Evaluation of the priority ranking capabilities of SWIFT (Sciome Workbench for Interactive, Computer-Facilitated Text-mining) software

Article type
Authors
Walker V1, Holmgren S1, Thayer K1, Rooney A1, Macleod M2, Currie G2, Sena E2, Sherratt N2, Rice A3, Howard B4, Shah R4, Pelch K1
1National Institute of Environmental Health Sciences (NIEHS)/National Institutes of Health (NIH), USA
2Centre for Clinical Brain Sciences, University of Edinburgh, Scotland
3Department of Surgery and Cancer, Imperial College, England
4SciOme LLC, USA
Abstract
Background: There is growing interest in assessing the ability of machine learning approaches to priority rank studies as a way to reduce the human burden in screening literature when conducting a systematic review.
Objectives: To assess the performance of Sciome Workbench for Interactive, Computer-Facilitated Text-mining (SWIFT) priority ranking algorithm to identify studies considered relevant based on manual screening.
Methods: Four case studies representing a range of complexity and size were used to assess the performance of SWIFT: 1) transgenerational inheritance of disease, 2) bisphenol A (BPA) and obesity 3) perfluorooctane sulfonate/perfluorooctanoic acid (PFOS/PFOA) and immunotoxicity, and 4) neuropathic pain. For each case study two independent reviewers manually screened results to determine study relevance and identify test sets of 30 to 400 included and excluded references. The test sets were used to priority rank the literature search results in SWIFT for relevance using an algorithm that considers term frequency (title, abstract, MeSH headings and SuppChem annotations) and Latent Dirichlet Allocation (LDA) topic modeling. This ranking was evaluated with respect to 1) number of studies that needed to be screened in order to identify 90% and 95% of known relevant based on manual screening, and 2) the 'Work Saved over Sampling' (WSS) performance metric, which defines, for a specific level of recall, the percentage reduction in effort achieved by a ranking method compared to a random ordering of the documents.

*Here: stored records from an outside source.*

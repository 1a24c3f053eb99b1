//! Reads the words of a run.
ghost use Rattle.std.specs.Prelude.{◌≡◌, ◌<◌, ◌≤◌, ◌^◌, IfOk, IfSome, length, map, option_map, string_bytes, true};
ghost use Rattle.std.specs.List.{list_all, list_any};
ghost use Rattle.clap.specs.Words.{app_of, kind_of};
ghost use Rattle.words.specs.Asked.{are_sound, asked, asked_after, asked_by, is_sound, threads_in};
ghost use Rattle.words.specs.Options.{has_no_dash, is_stray, is_value};
ghost use Rattle.words.specs.Reader.{reader};
ghost use Rattle.words.specs.View.{HasPlies, asked_seen, text_in, texts};

use crate::command::{Command, command_in, flag_in};
use crate::number::number_in;
use crate::reader::reader;
use clap::error::ErrorKind;
use foundation::Memory;
use std::alloc::Global;

const MOST_THREADS: u64 = 64;

/// What the words of a run ask.
#[derive(Clone, Copy, PartialEq, Eq)]
pub struct Asked<'a> {
    /// The name of the file of variants.
    pub variants: Option<&'a str>,
    /// How many threads may work, from 1 to 64.
    pub threads: u64,
    pub command: Command<'a>,
}

fn has_no_dash(text: &str) -> bool
    ensures { result ≡ has_no_dash text.now }
{
    !text.as_bytes().starts_with(b"-")
}

// Whether a word begins with a dash and names no option: `-`, `--` or `-x`.
fn is_stray(word: &str) -> bool
    ensures { result ≡ is_stray word.now }
{
    !has_no_dash(word) && !(word.len() > 2 && word.as_bytes().starts_with(b"--"))
}

// `clap` would take such a word for a value, a mark or short options.
fn has_stray(words: &[String]) -> bool
    ensures stray { result ≡ list_any is_stray (map string_bytes words.now) }
    ensures fits { length words.now < 2 ^ 64 }
{
    let _count = words.len();
    words.iter().any(|word| is_stray(word.as_str()))
}

// Whether an option's value, where it is given, is not empty and does not begin with a dash.
fn is_sound(value: Option<&str>) -> bool
    ensures { result ≡ is_sound (text_in value.entry) }
{
    match value {
        Some(text) => !text.is_empty() && has_no_dash(text),
        None => true,
    }
}

fn all_without_dash(words: &[&str]) -> bool
    ensures { result ≡ list_all has_no_dash (texts words.now) }
{
    words.iter().all(|word| has_no_dash(word))
}

fn threads_in(text: Option<&str>) -> Option<u64>
    ensures is { result ≡ threads_in (text_in text.entry) }
    ensures least { IfSome result (λ threads. 1 ≤ threads) }
    ensures most { IfSome result (λ threads. threads ≤ 64) }
{
    match text {
        Some(text) => number_in(1, MOST_THREADS, text),
        None => Some(1),
    }
}

// What options of these values and the words after them ask.
fn asked_by<'a>(
    variants: Option<&'a str>,
    threads: Option<&str>,
    words: &[&'a str],
) -> Option<Asked<'a>>
    ensures is { option_map asked_seen result
        ≡ asked_by (text_in variants.entry) (text_in threads.entry) (texts words.now) }
    ensures least { IfSome result (λ a. 1 ≤ a.threads) }
    ensures most { IfSome result (λ a. a.threads ≤ 64) }
    ensures plies { IfSome result (λ a. HasPlies a.command) }
{
    if is_sound(variants) && is_sound(threads) && all_without_dash(words) {
        let threads = threads_in(threads)?;
        let command = command_in(words)?;
        Some(Asked {
            variants,
            threads,
            command,
        })
    } else {
        None
    }
}

// What options and the words after them ask.
fn read_options<'a>(alloc: Global, words: &'a [String]) -> Result<Option<Asked<'a>>, Memory>
    ensures is { IfOk result (λ given. option_map asked_seen given ≡ asked_after (map string_bytes words.now)) }
    ensures least { IfOk result (λ given. IfSome given (λ a. 1 ≤ a.threads)) }
    ensures most { IfOk result (λ given. IfSome given (λ a. a.threads ≤ 64)) }
    ensures plies { IfOk result (λ given. IfSome given (λ a. HasPlies a.command)) }
{
    if has_stray(words) {
        return Ok(None);
    }
    match reader(alloc)?.try_get_matches_from(words) {
        Ok(matches) => Ok(asked_by(
            matches.get_str("variants"),
            matches.get_str("threads"),
            matches.get_strs("words").unwrap_or(&[]),
        )),
        Err(error) => match error.kind() {
            ErrorKind::OutOfMemory => Err(Memory),
            _ => Ok(None),
        },
    }
}

/// What the words of a run ask, the program's name left out. None exactly where they are not of the command set.
pub fn read_words<'a>(alloc: Global, words: &'a [String]) -> Result<Option<Asked<'a>>, Memory>
    ensures is { IfOk result (λ given. option_map asked_seen given ≡ asked (map string_bytes words.now)) }
    ensures least { IfOk result (λ given. IfSome given (λ a. 1 ≤ a.threads)) }
    ensures most { IfOk result (λ given. IfSome given (λ a. a.threads ≤ 64)) }
    ensures plies { IfOk result (λ given. IfSome given (λ a. HasPlies a.command)) }
{
    match flag_in(words) {
        Some(command) => Ok(Some(Asked {
            variants: None,
            threads: 1,
            command,
        })),
        None => read_options(alloc, words),
    }
}
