//! The reader that `clap` is given.
ghost use Rattle.std.specs.Prelude.{◌≡◌, IfOk};
ghost use Rattle.clap.specs.Words.{app_of};
ghost use Rattle.words.specs.Reader.{reader};

use clap::{Arg, ArgAction, Command as Reader};
use std::alloc::{AllocError, Global};

/// Two options, and then all other words as they are.
pub(crate) fn reader<'a>(alloc: Global) -> Result<Reader<'a>, AllocError>
    ensures { IfOk result (λ made. app_of made ≡ reader) }
{
    let variants = Arg::new(alloc, "variants")
        .long("variants")
        .action(ArgAction::Set);
    let threads = Arg::new(alloc, "threads")
        .long("threads")
        .action(ArgAction::Set);
    let words = Arg::new(alloc, "words")
        .action(ArgAction::Append)
        .num_args(1..)
        .trailing_var_arg(true);
    Reader::new(alloc, "vengine")
        .no_binary_name(true)
        .disable_help_flag(true)
        .arg(variants)?
        .arg(threads)?
        .arg(words)
}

Results: For all four datasets, using 100 training examples and LDA topic modeling, the prioritization procedure reduces the number of citations that must be screened to achieve a recall rate of 90% (Table 1) by 50% or more. For the more stringent recall rate of 95%, the range in the number of citations screened was reduced by 44%, for the neuropathic pain dataset, to 80%, for the PFOS/PFOA dataset. The greatest increases in screening efficiency were observed in the more targeted topics.
Conclusions: Text-mining and machine learning programs such as SWIFT can be valuable tools to reduce the human screening burden.